Dossier : Le nouvel espace financierMagazine N°652 Février 2010
Par Thierry FRANCQ (83)

REPÈRES

REPÈRES
C’est la baisse bru­tale des cota­tions don­nées par les agences de nota­tion qui consti­tue le signal fort de la crise : en octobre 2007, elles dégradent les notes de plus de 4 000 fonds dits RMBS (Resi­den­tial Mort­gage Backed Secu­ri­ties, obli­ga­tions gagées par des hypo­thèques sur des loge­ments). Les encours totaux des obli­ga­tions émises par des socié­tés finan­cières amé­ri­caines pour refi­nan­cer leurs créances (Asset Based Secu­ri­ties et Mort­gage Secu­ri­ties) repré­sen­taient alors 8 000 mil­liards de dol­lars. Le FMI esti­mait en avril 2009 à 4 000 mil­liards de dol­lars les pertes de l’ensemble du sec­teur finan­cier entre 2007 et 2010.

Après plu­sieurs années d’un loyer de l’argent faible et un gon­fle­ment du prix de nom­breux actifs, très peu d’ob­ser­va­teurs ont mesu­ré l’im­pact à venir du retour­ne­ment du mar­ché immo­bi­lier amé­ri­cain à par­tir de 2006.

Alors que les inves­tis­seurs avaient été conduits à recher­cher des ren­de­ments tou­jours plus éle­vés au moyen de pro­duits de plus en plus ris­qués et com­plexes, la crise dite des sub­primes allait révé­ler des fai­blesses majeures dans deux méca­nismes de trans­fert des risques – la titri­sa­tion et les déri­vés de gré à gré – et mettre à mal l’en­semble du sec­teur finan­cier, sous forme de crise de liqui­di­té géné­ra­li­sée d’a­bord, puis de crise de sol­va­bi­li­té pour un grand nombre d’ac­teurs de pre­mier plan, avec les consé­quences que l’on sait sur l’é­co­no­mie » réelle « 1.

Cha­cun de ces méca­nismes et leurs mar­chés res­pec­tifs ont pré­sen­té en effet une série de dys­fonc­tion­ne­ments, pour les­quels les régu­la­teurs du monde entier, de façon concer­tée, ont pro­gres­si­ve­ment affi­né les pistes de solution.

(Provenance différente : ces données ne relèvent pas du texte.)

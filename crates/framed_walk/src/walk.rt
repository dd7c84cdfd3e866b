// The walk of a region over frames.
ghost use Rattle.std.specs.Prelude.{ℕ, ◌≡◌, ◌≢◌, ◌≤◌, List, [], length, IfOk, IfErr, IfSome, Err};
ghost use Rattle.implicit_tiling.specs.Steps.{steps};
ghost use Rattle.implicit_tileset.specs.Scene.{scene_of};
ghost use Rattle.frame_pool.specs.Frames.{most_frames};
ghost use Rattle.scene_ports.specs.Counts.{Rose};
ghost use Rattle.subtree_outcome.specs.Found.{AreTilesOf, EndsWithin};
ghost use Rattle.region_cursor.specs.Cursor.{IsWalkOf};
ghost use Rattle.region_cursor.specs.Moves.{begun};
ghost use Rattle.region_cursor.specs.Walked.{IsAt};
ghost use Rattle.walk_laws.specs.Plans.{FitsLayout, IsRegionOf};
ghost use Rattle.tile_word.specs.Answers.{IsAnswer};
ghost use Rattle.framed_walk.specs.Frames.{AreAtRest};
ghost use Rattle.framed_walk.specs.Reads.{HasRead, IsReadOver, step_keys};

use crate::frames::hold;
use frame_pool::Pool;
use region_cursor::CursorState;
use scene_ports::FileSource;
use std::alloc::Global;
use subtree_outcome::{Outcome, WalkStop};
use tile_coords::{Plan, WalkEnd, Word};
use tileset_json::Layout;

/// The answer for a plan that fits the layout, over this many frames (1 to 1,024): `words` becomes the words of its
/// tiles in key order, at most 65,536, and the end is that of the answer, so never Partial (OGC 22-025r4, implicit
/// tiling: availability). Each root on the walk is read, once for each level that its subtree gives where no frame
/// holds it any more; a file that has a fault when it is read again ends the walk with it. An Err leaves `words` as
/// it was.
pub fn framed<S: FileSource>(
    alloc: Global,
    files: &mut S,
    layout: &Layout,
    plan: &Plan,
    frames: usize,
    words: &mut Vec<Word>,
) -> Result<WalkEnd, WalkStop>
    requires fits { FitsLayout layout.now plan.now }
    requires frames { (1 ≤ frames) × (frames ≤ most_frames) }
    ensures answer { IfSome (S.told files.old)
        (λ all. IfOk result (IsAnswer (scene_of all layout.now) plan.now.region words.new.items)) }
    ensures found { IfOk result (λ end. AreTilesOf layout.now words.new.items) }
    ensures end { IfOk result (EndsWithin layout.now) }
    ensures over { IfOk result (λ end. end ≢ WalkEnd.Partial) }
    ensures unchanged { IfErr result (λ stop. words.new.items ≡ words.old.items) }
    ensures failed { result ≡ Err WalkStop.ReadFault → Rose (S.faults files.old) (S.faults files.new) }
    ensures sure { result ≢ Err WalkStop.ReadFault → S.faults files.new ≡ S.faults files.old }
    ensures later { S.faults files.old ≤ S.faults files.new }
    ensures fetched { IfOk result (λ end. IsReadOver frames layout.now (S.told files.old) plan.now.region
        (S.fetches files.old) (S.fetches files.new)) }
    ensures same { S.told files.new ≡ S.told files.old }
{
    let mut pool = Pool::new(alloc, frames)?;
    let mut cursor = CursorState::start(alloc, layout, *plan)?;
    let mut found = Vec::new(alloc);
    let end = walk(alloc, files, layout, &mut pool, &mut cursor, &mut found)?;
    *words = found;
    Ok(end)
}

// The walk from its first step to its last one.
fn walk<S: FileSource>(
    alloc: Global,
    files: &mut S,
    layout: &Layout,
    pool: &mut Pool<Word, Outcome>,
    cursor: &mut CursorState,
    words: &mut Vec<Word>,
) -> Result<WalkEnd, WalkStop>
    requires rest { AreAtRest layout.now (S.told files.old) pool.old }
    requires of_layout { IsWalkOf layout.now cursor.old.region cursor.old }
    requires at { IfSome (S.told files.old) (λ all. IsAt (scene_of all layout.now) cursor.old.region 0 cursor.old) }
    requires begun { cursor.old ≡ begun layout.now cursor.old.region }
    requires region { IsRegionOf layout.now cursor.old.region }
    requires empty { words.old.items ≡ [] }
    ensures answer { IfSome (S.told files.old)
        (λ all. IfOk result (IsAnswer (scene_of all layout.now) cursor.old.region words.new.items)) }
    ensures found { IfOk result (λ end. AreTilesOf layout.now words.new.items) }
    ensures end { IfOk result (EndsWithin layout.now) }
    ensures over { IfOk result (λ end. end ≢ WalkEnd.Partial) }
    ensures failed { result ≡ Err WalkStop.ReadFault → Rose (S.faults files.old) (S.faults files.new) }
    ensures sure { result ≢ Err WalkStop.ReadFault → S.faults files.new ≡ S.faults files.old }
    ensures later { S.faults files.old ≤ S.faults files.new }
    ensures fetched { IfOk result (λ end. (keys : List ℕ)
        × HasRead layout.now (S.told files.old) pool.old keys pool.new (S.fetches files.old) (S.fetches files.new)
        × IfSome (S.told files.old) (λ all. keys ≡ step_keys (scene_of all layout.now) cursor.old.region
        (length (steps (scene_of all layout.now) cursor.old.region)))) }
    ensures same { S.told files.new ≡ S.told files.old }
{
    let mut end = WalkEnd::Partial;
    let mut next = cursor.next_key();
    let mut step_words = Vec::new(alloc);
    while let Some(key) = next {
        let frame = hold(alloc, files, layout, pool, key)?;
        end = cursor.step(pool.look(frame), &mut step_words)?;
        pool.unpin(frame);
        words.extend_from_slice(&step_words)?;
        next = cursor.next_key();
    }
    Ok(end)
}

Les mar­chés plus tra­di­tion­nels comme les mar­chés régu­lés d’ac­tions ont mieux résis­té à la crise, mais l’in­no­va­tion finan­cière et une vive concur­rence entre pla­te­formes de négo­cia­tion ont favo­ri­sé le déve­lop­pe­ment de cer­taines formes de tra­ding qui mettent en cause l’ef­fi­cience des mar­chés et l’é­ga­li­té de trai­te­ment des intervenants.

Les trois faiblesses de la titrisation

La crise, dont l’é­pi­centre se trouve aux États-Unis, a mis au jour au moins trois fai­blesses impor­tantes dans les pra­tiques de la titri­sa­tion.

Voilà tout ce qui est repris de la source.